=== Task objective ===
Search the entries below for the word "IsStoredRecord" and copy every line where it appears.
------------------------------------------------------------------------
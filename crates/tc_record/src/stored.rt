//! The records that tables and logs keep.

ghost use Rattle.std.specs.Prelude.{◌≡◌, ◌<◌, ◌+◌, ◌^◌, ◌↔◌, IsTrue, length};
ghost use Rattle.tc_record.specs.StoredRecord.{IsStoredRecord};
ghost use Rattle.tc_record.specs.StoredTest.{is_id as id_label, depth_behind, lacks_id, is_stored};
ghost use Rattle.tc_record.specs.WalkView.{key_of, piece_of};

use crate::record_ref::RecordRef;
use crate::token::{Label, Piece};

/// Whether the bytes are a record with names whose object has no member `id`. Takes no memory.
pub fn is_stored_record(bytes: &[u8]) -> bool
    ensures test { result ≡ is_stored bytes.now }
    ensures stored { IsTrue result ↔ IsStoredRecord bytes.now }
{
    passes(bytes)
}

fn passes(bytes: &[u8]) -> bool
    ensures { result ≡ is_stored bytes.now }
{
    match RecordRef::of(bytes) {
        Some(found) => found.named() && has_no_id(found),
        None => false,
    }
}

fn has_no_id(found: RecordRef<'_>) -> bool
    requires { length found.tokens < 2 ^ 32 }
    ensures { result ≡ lacks_id 0 found.entry.tokens }
{
    let mut cursor = found.cursor();
    let mut depth = 0;
    while let Some(token) = cursor.next() {
        if depth == 1 && is_id(token.label) {
            return false;
        }
        depth = depth_after(token.value, depth);
    }
    true
}

fn is_id(label: Label<'_>) -> bool
    ensures { result ≡ id_label (key_of label.entry) }
{
    match label {
        Label::Name(name) => name == "id",
        _ => false,
    }
}

/// How many arrays and objects are open behind a piece.
fn depth_after(piece: Piece<'_>, depth: usize) -> usize
    requires { depth + 1 < 2 ^ 64 }
    ensures { result ≡ depth_behind (piece_of piece.entry) depth }
{
    match piece {
        Piece::Array | Piece::Object => depth + 1,
        Piece::Close => depth.saturating_sub(1),
        _ => depth,
    }
}
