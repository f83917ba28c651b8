//! The greatest of the numbers of a column, and their sum, by few looks.

ghost use Rattle.std.specs.Prelude.{◌≡◌, ◌≤◌, ◌<◌, ◌+◌, ◌-◌, ◌*◌, ◌^◌, max, min};
ghost use Rattle.std.specs.List.{sum};
ghost use Rattle.tc_record.specs.NumbersLeft.{elements_from};
ghost use Rattle.tc_record.specs.Record.{greatest};
ghost use Rattle.tc_record.specs.Sections.{capped_sum};
ghost use Rattle.tc_record.specs.WalkView.{numbers_of};

use crate::numbers::{MOST_SEEN, Numbers, bits_before};
use tc_bits::field_of;

/// The greatest and the sum of the last numbers of a column, and how many stand before them.
#[derive(Clone, Copy)]
struct Totals {
    left: u32,
    greatest: u32,
    total: u32,
    ghost small: { total < 2 ^ 32 },
}

/// The greatest of numbers, and their sum, which stands still at the end of its type. They are read from the last one on: a header
/// stands before each column, so there are always eight bytes to look back at, and no look goes past the end of a record.
#[inline(always)]
pub(crate) fn add_up(numbers: Numbers<'_>) -> (u32, u32)
    ensures most { result.0 ≡ greatest (numbers_of numbers.entry) }
    ensures all { result.1 ≡ capped_sum (numbers_of numbers.entry) }
{
    let seen = MOST_SEEN as u32 / u32::from(numbers.width).max(1);
    let mut found = Totals {
        left: numbers.left,
        greatest: 0,
        total: 0,
    };
    while found.left > 0 {
        let part = found.left.min(seen);
        found.add_last(&numbers, part);
    }
    (found.greatest, found.total)
}

impl Totals {
    /// Adds so many of the last numbers that are left, whose bits are seen by one look.
    #[inline(always)]
    fn add_last(&mut self, numbers: &Numbers<'_>, count: u32)
        requires left { self.old.left ≤ numbers.now.left }
        requires few { count ≤ self.old.left }
        requires seen { numbers.now.width * count ≤ 56 }
        ensures left { self.new.left ≡ self.old.left - count }
        ensures most { max self.new.greatest (greatest (elements_from numbers.now.width numbers.now.place self.new.left numbers.now.bytes.now)) ≡ max self.old.greatest (greatest (elements_from numbers.now.width numbers.now.place self.old.left numbers.now.bytes.now)) }
        ensures all { min (self.new.total + sum (elements_from numbers.now.width numbers.now.place self.new.left numbers.now.bytes.now)) (2 ^ 32 - 1) ≡ min (self.old.total + sum (elements_from numbers.now.width numbers.now.place self.old.left numbers.now.bytes.now)) (2 ^ 32 - 1) }
    {
        let end = numbers.place + u64::from(numbers.width) * u64::from(self.left);
        let mut window = bits_before(numbers.bytes, end, MOST_SEEN);
        let mut found = *self;
        let mut todo = count;
        while todo > 0 {
            let number = field_of(window, 0, numbers.width);
            window >>= numbers.width;
            found = found.with(number);
            todo -= 1;
        }
        *self = found;
    }

    /// The same with the last number, which is this one.
    #[inline(always)]
    fn with(&self, number: u32) -> Totals
        requires { 0 < self.now.left }
        ensures left { result.left ≡ self.now.left - 1 }
        ensures greatest { result.greatest ≡ max self.now.greatest number }
        ensures total { result.total ≡ min (self.now.total + number) (2 ^ 32 - 1) }
    {
        Totals {
            left: self.left - 1,
            greatest: self.greatest.max(number),
            total: self.total.saturating_add(number),
        }
    }
}
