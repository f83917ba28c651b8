//! The columns of a record, read value by value.

ghost use Rattle.std.specs.Prelude.{◌≡◌, option_map};
ghost use Rattle.tc_record.specs.Walk.{utf8_at, text_at, name_at, bool_at, integer_at, piece_at, is_above as stands_above};
ghost use Rattle.std.specs.Ordering.{is_lt};
ghost use Rattle.tc_model.specs.Document.{name_cmp};
ghost use Rattle.tc_record.specs.WalkView.{piece_of, columns_of};

use crate::numbers::Numbers;
use crate::tags::{ARRAY_TAG, BOOLEAN_TAG, INTEGER_TAG, NULL_TAG, OBJECT_TAG, TEXT_TAG};
use crate::token::Piece;
use tc_bytes::{u8_at, u64_at};

/// What is left of the columns beside the tags, where texts and names are UTF-8. Readers move it on in place: it is
/// wider than five slices, and each token would copy it several times.
#[derive(Clone, Copy)]
pub(crate) struct Columns<'a> {
    pub(crate) fixed: &'a [u8],
    pub(crate) lengths: Numbers<'a>,
    pub(crate) texts: &'a str,
    pub(crate) slots: Numbers<'a>,
    pub(crate) names: &'a str,
}

/// The form, and whether members carry names.
#[derive(Clone, Copy)]
pub(crate) struct Format {
    pub(crate) form: u8,
    pub(crate) named: bool,
}

/// An array or an object that is open, of an object also with the name of the member before, if names are to ascend.
#[derive(Clone, Copy)]
pub(crate) enum Level<'a> {
    Array,
    Object,
    Behind(&'a str),
}

/// So many bytes of a text, if a character ends there: just then they are UTF-8.
#[inline(always)]
pub(crate) fn str_at(text: &str, count: u32) -> Option<(&str, &str)>
    ensures { option_map (λ x. (x.0.now, x.1.now)) result ≡ utf8_at count text.now }
{
    match text.split_at_checked(count as usize) {
        Some((front, rest)) => Some((front, rest)),
        None => None,
    }
}

/// The next text, by its length.
#[inline(always)]
fn text_in<'a>(columns: &mut Columns<'a>) -> Option<&'a str>
    ensures { option_map (λ t. (t.now, columns_of columns.new)) result ≡ text_at (columns_of columns.old) }
{
    let len = columns.lengths.next()?;
    let (text, texts) = str_at(columns.texts, len)?;
    columns.texts = texts;
    Some(text)
}

#[inline(always)]
fn bool_in(columns: &mut Columns<'_>) -> Option<bool>
    ensures { option_map (λ b. (b, columns_of columns.new)) result ≡ bool_at (columns_of columns.old) }
{
    let (byte, fixed) = u8_at(columns.fixed)?;
    columns.fixed = fixed;
    match byte {
        0 => Some(false),
        1 => Some(true),
        _ => None,
    }
}

#[inline(always)]
fn integer_in<'a>(columns: &mut Columns<'a>) -> Option<Piece<'a>>
    ensures { option_map (λ p. (piece_of p, columns_of columns.new)) result ≡ integer_at (columns_of columns.old) }
{
    let (bits, fixed) = u64_at(columns.fixed)?;
    columns.fixed = fixed;
    Some(Piece::Int(bits.cast_signed()))
}

/// A value, or the opening of one, by its tag.
#[inline(always)]
pub(crate) fn piece_in<'a>(tag: u8, columns: &mut Columns<'a>) -> Option<Piece<'a>>
    ensures { option_map (λ p. (piece_of p, columns_of columns.new)) result ≡ piece_at tag (columns_of columns.old) }
{
    if tag == NULL_TAG {
        Some(Piece::Null)
    } else if tag == BOOLEAN_TAG {
        let value = bool_in(columns)?;
        Some(Piece::Bool(value))
    } else if tag == INTEGER_TAG {
        integer_in(columns)
    } else if tag == TEXT_TAG {
        let text = text_in(columns)?;
        Some(Piece::Text(text))
    } else if tag == ARRAY_TAG {
        Some(Piece::Array)
    } else if tag == OBJECT_TAG {
        Some(Piece::Object)
    } else {
        None
    }
}

/// A name by its length, if it stands above the name before it.
#[inline(always)]
pub(crate) fn name_in<'a>(last: Option<&'a str>, columns: &mut Columns<'a>) -> Option<&'a str>
    ensures { option_map (λ n. (n.now, columns_of columns.new)) result ≡ name_at (option_map (λ n. n.now) last.entry) (columns_of columns.old) }
{
    let len = columns.slots.next()?;
    let (name, names) = str_at(columns.names, len)?;
    if !is_above(last, name) {
        return None;
    }
    columns.names = names;
    Some(name)
}

/// Whether a name stands above the one before it, if there is one.
#[inline(always)]
fn is_above(last: Option<&str>, name: &str) -> bool
    ensures { result ≡ stands_above (option_map (λ n. n.now) last.entry) name.now }
{
    match last {
        None => true,
        Some(before) => precedes(before, name),
    }
}

/// Whether a name stands before another one. Most differ at their first byte, which costs less than a call. Takes no memory.
#[inline(always)]
pub fn precedes(name: &str, other: &str) -> bool
    ensures { result ≡ is_lt (name_cmp name.now other.now) }
{
    let (front, back) = (name.as_bytes(), other.as_bytes());
    if !front.is_empty() && !back.is_empty() && front[0] != back[0] {
        return front[0] < back[0];
    }
    name < other
}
------------------------------------------------------------------------
=== Task answer ===
ghost use Rattle.tc_record.specs.StoredRecord.{IsStoredRecord};
    ensures stored { IsTrue result ↔ IsStoredRecord bytes.now }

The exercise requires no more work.